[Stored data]
────────────────
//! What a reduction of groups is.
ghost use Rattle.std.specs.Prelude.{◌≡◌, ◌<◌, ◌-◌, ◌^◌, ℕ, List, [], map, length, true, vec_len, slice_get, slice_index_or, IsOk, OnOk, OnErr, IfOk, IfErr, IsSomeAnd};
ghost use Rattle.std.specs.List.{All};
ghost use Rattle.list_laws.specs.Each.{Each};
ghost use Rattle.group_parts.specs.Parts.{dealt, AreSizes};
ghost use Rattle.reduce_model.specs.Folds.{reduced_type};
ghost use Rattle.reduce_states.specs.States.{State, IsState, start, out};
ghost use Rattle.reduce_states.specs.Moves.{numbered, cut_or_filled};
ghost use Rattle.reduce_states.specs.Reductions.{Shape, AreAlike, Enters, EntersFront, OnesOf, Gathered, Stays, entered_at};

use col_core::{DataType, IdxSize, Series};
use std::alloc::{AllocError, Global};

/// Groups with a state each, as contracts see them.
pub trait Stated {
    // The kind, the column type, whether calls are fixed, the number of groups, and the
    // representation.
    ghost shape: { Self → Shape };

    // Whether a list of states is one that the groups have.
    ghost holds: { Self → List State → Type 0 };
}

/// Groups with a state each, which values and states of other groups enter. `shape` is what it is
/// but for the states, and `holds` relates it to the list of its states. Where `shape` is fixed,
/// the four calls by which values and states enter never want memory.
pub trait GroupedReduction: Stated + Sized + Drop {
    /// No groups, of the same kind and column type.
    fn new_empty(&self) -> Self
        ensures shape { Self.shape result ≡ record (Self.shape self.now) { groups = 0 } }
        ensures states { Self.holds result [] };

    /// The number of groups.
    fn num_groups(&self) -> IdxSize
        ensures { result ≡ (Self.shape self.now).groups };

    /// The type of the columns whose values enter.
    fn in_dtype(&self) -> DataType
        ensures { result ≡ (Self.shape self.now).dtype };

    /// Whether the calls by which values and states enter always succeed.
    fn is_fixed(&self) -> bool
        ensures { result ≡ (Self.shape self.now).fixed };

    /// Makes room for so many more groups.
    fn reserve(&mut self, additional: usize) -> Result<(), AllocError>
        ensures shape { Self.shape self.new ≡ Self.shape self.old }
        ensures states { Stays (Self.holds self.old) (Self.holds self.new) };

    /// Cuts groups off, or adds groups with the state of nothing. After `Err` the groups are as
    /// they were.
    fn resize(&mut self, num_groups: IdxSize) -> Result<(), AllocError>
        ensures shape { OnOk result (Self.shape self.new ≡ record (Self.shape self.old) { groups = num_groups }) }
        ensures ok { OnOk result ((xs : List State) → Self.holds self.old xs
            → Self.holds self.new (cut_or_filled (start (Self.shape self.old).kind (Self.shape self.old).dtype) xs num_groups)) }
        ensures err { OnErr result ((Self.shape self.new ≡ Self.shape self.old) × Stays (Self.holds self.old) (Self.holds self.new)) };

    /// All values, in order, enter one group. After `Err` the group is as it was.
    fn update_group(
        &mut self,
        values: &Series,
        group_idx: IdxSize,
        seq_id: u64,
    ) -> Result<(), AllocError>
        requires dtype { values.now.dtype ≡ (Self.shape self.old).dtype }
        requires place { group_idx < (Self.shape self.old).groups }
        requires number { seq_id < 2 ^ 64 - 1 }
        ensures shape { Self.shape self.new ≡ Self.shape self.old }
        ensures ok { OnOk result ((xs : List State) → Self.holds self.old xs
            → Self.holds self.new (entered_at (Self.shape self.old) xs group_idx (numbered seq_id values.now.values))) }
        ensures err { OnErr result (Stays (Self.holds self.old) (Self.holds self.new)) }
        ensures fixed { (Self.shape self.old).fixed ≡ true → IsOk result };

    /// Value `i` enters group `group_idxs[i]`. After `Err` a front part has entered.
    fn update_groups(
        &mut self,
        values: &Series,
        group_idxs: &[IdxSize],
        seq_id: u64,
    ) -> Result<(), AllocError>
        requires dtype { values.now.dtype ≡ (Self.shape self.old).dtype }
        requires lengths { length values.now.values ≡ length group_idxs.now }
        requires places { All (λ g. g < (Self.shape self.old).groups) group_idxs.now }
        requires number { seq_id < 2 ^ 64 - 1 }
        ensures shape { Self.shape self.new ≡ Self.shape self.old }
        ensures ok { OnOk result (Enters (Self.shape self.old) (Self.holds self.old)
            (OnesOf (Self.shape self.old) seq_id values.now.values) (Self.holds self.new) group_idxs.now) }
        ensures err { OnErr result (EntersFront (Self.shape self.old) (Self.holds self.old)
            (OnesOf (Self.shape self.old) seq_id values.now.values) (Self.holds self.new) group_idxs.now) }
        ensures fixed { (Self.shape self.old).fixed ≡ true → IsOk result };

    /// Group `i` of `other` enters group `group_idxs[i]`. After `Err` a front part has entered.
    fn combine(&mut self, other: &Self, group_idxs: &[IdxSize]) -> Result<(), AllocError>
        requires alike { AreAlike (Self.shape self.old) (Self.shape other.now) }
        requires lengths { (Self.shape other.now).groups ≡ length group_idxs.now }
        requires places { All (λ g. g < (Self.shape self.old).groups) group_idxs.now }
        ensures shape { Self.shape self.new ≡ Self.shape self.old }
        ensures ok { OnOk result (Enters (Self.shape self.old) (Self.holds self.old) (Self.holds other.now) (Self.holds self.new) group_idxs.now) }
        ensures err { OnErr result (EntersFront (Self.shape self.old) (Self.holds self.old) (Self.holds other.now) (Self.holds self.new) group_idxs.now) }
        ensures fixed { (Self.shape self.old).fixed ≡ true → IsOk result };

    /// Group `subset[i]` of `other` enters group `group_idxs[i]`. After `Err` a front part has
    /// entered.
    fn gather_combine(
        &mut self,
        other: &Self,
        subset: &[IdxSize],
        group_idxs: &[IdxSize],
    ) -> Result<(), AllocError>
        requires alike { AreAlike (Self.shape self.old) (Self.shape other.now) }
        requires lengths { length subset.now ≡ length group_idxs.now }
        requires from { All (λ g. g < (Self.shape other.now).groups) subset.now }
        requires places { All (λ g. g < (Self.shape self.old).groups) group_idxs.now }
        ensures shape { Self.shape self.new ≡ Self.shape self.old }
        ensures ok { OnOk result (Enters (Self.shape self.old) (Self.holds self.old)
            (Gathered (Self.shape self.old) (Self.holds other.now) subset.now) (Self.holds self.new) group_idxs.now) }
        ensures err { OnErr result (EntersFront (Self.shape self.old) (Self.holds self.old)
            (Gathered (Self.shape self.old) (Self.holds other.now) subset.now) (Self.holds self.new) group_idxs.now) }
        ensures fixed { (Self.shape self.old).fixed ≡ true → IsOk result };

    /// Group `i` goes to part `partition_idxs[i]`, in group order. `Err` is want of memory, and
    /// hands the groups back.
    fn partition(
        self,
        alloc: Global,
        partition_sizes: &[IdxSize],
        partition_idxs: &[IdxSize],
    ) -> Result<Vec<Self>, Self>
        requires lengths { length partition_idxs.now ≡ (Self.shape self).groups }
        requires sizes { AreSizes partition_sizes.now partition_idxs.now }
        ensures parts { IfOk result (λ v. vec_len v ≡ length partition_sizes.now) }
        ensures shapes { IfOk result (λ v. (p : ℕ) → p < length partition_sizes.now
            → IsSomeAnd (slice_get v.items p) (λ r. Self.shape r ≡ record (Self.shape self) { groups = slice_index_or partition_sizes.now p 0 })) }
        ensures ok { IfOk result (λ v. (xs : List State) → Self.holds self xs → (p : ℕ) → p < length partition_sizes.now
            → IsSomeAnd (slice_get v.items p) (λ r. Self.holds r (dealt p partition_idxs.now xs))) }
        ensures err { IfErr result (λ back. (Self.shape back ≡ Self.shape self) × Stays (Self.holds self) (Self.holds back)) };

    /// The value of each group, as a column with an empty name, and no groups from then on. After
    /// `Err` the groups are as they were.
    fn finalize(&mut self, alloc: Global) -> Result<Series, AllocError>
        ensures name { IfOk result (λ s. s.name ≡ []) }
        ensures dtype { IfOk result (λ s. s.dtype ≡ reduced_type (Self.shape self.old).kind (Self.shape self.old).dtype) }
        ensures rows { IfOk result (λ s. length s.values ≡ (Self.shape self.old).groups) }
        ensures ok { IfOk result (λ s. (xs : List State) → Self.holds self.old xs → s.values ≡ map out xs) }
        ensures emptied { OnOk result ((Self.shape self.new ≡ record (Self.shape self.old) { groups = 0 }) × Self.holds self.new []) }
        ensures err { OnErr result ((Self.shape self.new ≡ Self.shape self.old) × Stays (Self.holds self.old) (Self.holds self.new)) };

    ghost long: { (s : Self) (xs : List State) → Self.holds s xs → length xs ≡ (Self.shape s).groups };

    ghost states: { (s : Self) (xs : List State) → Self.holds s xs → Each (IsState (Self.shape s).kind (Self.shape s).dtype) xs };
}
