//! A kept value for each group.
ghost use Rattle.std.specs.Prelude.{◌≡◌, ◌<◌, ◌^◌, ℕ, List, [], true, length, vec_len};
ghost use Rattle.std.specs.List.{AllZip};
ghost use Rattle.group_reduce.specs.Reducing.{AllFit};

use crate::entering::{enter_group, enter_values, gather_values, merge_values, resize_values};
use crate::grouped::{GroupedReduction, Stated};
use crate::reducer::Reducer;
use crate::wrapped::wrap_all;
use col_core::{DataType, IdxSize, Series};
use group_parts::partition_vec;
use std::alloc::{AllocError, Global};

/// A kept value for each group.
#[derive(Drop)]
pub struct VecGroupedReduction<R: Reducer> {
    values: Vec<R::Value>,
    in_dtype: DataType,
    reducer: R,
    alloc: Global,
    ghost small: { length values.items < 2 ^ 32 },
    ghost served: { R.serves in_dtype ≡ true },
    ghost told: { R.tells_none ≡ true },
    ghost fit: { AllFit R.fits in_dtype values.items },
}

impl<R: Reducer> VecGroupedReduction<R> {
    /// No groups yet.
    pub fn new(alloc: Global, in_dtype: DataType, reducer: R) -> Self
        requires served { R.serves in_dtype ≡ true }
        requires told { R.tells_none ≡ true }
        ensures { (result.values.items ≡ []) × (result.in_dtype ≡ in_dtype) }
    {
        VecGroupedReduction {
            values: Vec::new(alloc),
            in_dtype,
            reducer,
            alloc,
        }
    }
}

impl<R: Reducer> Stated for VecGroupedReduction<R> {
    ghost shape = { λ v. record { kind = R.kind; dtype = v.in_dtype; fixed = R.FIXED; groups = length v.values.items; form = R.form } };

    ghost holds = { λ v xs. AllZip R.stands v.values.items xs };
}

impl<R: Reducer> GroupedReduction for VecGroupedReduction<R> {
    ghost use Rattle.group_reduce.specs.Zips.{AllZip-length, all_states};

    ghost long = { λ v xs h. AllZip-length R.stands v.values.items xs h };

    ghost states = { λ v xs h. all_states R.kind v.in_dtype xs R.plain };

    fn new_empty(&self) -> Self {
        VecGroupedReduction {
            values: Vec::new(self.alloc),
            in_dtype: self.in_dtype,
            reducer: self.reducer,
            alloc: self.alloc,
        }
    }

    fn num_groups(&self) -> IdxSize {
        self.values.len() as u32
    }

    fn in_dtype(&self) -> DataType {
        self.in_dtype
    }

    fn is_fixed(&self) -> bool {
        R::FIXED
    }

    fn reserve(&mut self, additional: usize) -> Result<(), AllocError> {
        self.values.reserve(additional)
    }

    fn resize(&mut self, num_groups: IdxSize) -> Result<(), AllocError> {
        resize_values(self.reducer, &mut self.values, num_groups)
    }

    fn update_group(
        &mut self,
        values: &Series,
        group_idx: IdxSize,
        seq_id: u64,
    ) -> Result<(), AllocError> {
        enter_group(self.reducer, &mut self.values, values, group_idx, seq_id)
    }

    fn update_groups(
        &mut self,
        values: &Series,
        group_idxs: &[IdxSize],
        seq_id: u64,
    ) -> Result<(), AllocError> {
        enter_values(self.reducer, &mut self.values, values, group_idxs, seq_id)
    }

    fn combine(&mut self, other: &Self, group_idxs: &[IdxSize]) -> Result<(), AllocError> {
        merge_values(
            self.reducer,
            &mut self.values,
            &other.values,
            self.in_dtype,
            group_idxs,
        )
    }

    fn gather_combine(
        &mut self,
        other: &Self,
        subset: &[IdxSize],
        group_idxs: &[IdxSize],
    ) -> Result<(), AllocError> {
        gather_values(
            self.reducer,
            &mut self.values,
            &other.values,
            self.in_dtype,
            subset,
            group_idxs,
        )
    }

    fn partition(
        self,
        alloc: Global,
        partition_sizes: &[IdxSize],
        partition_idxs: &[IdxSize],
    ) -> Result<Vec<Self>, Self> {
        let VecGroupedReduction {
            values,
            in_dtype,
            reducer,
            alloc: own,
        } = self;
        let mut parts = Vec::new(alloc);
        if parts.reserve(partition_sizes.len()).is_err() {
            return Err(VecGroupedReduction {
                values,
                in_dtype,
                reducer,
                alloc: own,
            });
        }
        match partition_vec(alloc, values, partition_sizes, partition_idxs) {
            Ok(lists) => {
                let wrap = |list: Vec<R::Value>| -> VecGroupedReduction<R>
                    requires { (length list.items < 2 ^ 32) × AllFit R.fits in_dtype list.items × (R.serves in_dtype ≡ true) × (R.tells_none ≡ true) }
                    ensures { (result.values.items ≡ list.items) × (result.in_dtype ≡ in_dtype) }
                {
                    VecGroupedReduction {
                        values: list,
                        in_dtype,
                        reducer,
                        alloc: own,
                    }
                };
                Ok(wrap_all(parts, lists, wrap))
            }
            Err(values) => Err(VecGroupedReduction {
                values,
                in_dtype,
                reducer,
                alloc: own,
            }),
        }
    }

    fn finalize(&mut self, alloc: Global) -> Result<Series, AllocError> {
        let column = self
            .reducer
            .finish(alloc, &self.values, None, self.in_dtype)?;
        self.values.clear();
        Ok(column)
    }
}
────────────────
## [Task details]
Wherever a line of the records above contains the string "from", copy that line out.

## [Solution]
        requires from { All (λ g. g < (Self.shape other.now).groups) subset.now }
    /// The value of each group, as a column with an empty name, and no groups from then on. After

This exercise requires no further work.